Action item :: From the line containing "maker.stop(rt);" to the last line below, retype everything word for word.

Exercise material ::

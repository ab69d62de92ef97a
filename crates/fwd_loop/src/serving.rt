//! How a relay that was opened serves, with all its threads, until it ends.

use crate::opening::{Opened, Own, Shared, open};
use crate::platform::Platform;
use crate::threads::{Beside, Started};
use fwd_history::Run;
use fwd_monitors::{Observer, StartFault};
use fwd_turns::{DrainSeen, FrontTurns, close_all};
use std::thread;

/// Runs a relay of these parts for so many turns, or until it was asked to stop and is to end: what
/// was seen of it then, where it was.
pub(crate) fn run_parts<J: Run + Send + Sync, R: Platform, W: Observer>(
    rt: &R,
    shared: &Shared<J>,
    own: &mut Own<J>,
    observer: &mut W,
    count: u64,
) -> Result<Option<DrainSeen>, StartFault> {
    let alloc = rt.alloc();
    let Opened {
        mut turns,
        mut others,
        workers,
    } = open(rt, alloc, shared, own)?;
    let served = match Beside::new(alloc, workers, &mut others) {
        Ok(beside) => serve(rt, &mut turns, beside, observer, count),
        Err(_) => Err(StartFault::Memory),
    };
    let seen = turns.last_seen();
    close_all(rt, others);
    turns.close_watched(rt, observer);
    served?;
    Ok(seen)
}

/// Makes so many turns in this thread, and as many in each thread beside it, until all have ended;
/// and has monitors' pages made in another one, where there can be one.
fn serve<J: Run + Send + Sync, R: Platform, W: Observer>(
    rt: &R,
    turns: &mut FrontTurns<'_, J, R>,
    beside: Beside<'_, '_, J, R>,
    observer: &mut W,
    count: u64,
) -> Result<(), StartFault> {
    thread::scope(thread::scope_env(), rt, move |scope| {
        let mut started = Started::with_room_for(rt.alloc(), &beside)?;
        let begun = started.start(scope, rt, beside, count);
        // Behind the workers: a relay does without it where there is no room for one thread more.
        let maker = turns.page_maker();
        if let Some(maker) = maker {
            if started.start_pages(scope, rt, maker) {
                turns.order_pages();
            }
        }
        let served = serve_front(rt, turns, begun, observer, count);
        if let Some(maker) = maker {
            maker.stop(rt);
        }
        let ended = started.join(rt);
        served.and(ended)
    })
}

/// Makes so many turns in this thread, if those beside it could begin; and has them end where it
/// failed, or the relay has nothing left to do.
fn serve_front<J: Run, R: Platform, W: Observer>(
    rt: &R,
    turns: &mut FrontTurns<'_, J, R>,
    begun: Result<(), StartFault>,
    observer: &mut W,
    count: u64,
) -> Result<(), StartFault> {
    let mut served = begun;
    if served.is_ok() {
        served = turns.run_watched(rt, observer, count);
    }
    if served.is_err() || turns.last_seen().is_some() {
        turns.stop();
    }
    served
}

Response below ::
            maker.stop(rt);
        }
        let ended = started.join(rt);
        served.and(ended)
    })
}

/// Makes so many turns in this thread, if those beside it could begin; and has them end where it
/// failed, or the relay has nothing left to do.
fn serve_front<J: Run, R: Platform, W: Observer>(
    rt: &R,
    turns: &mut FrontTurns<'_, J, R>,
    begun: Result<(), StartFault>,
    observer: &mut W,
    count: u64,
) -> Result<(), StartFault> {
    let mut served = begun;
    if served.is_ok() {
        served = turns.run_watched(rt, observer, count);
    }
    if served.is_err() || turns.last_seen().is_some() {
        turns.stop();
    }
    served
}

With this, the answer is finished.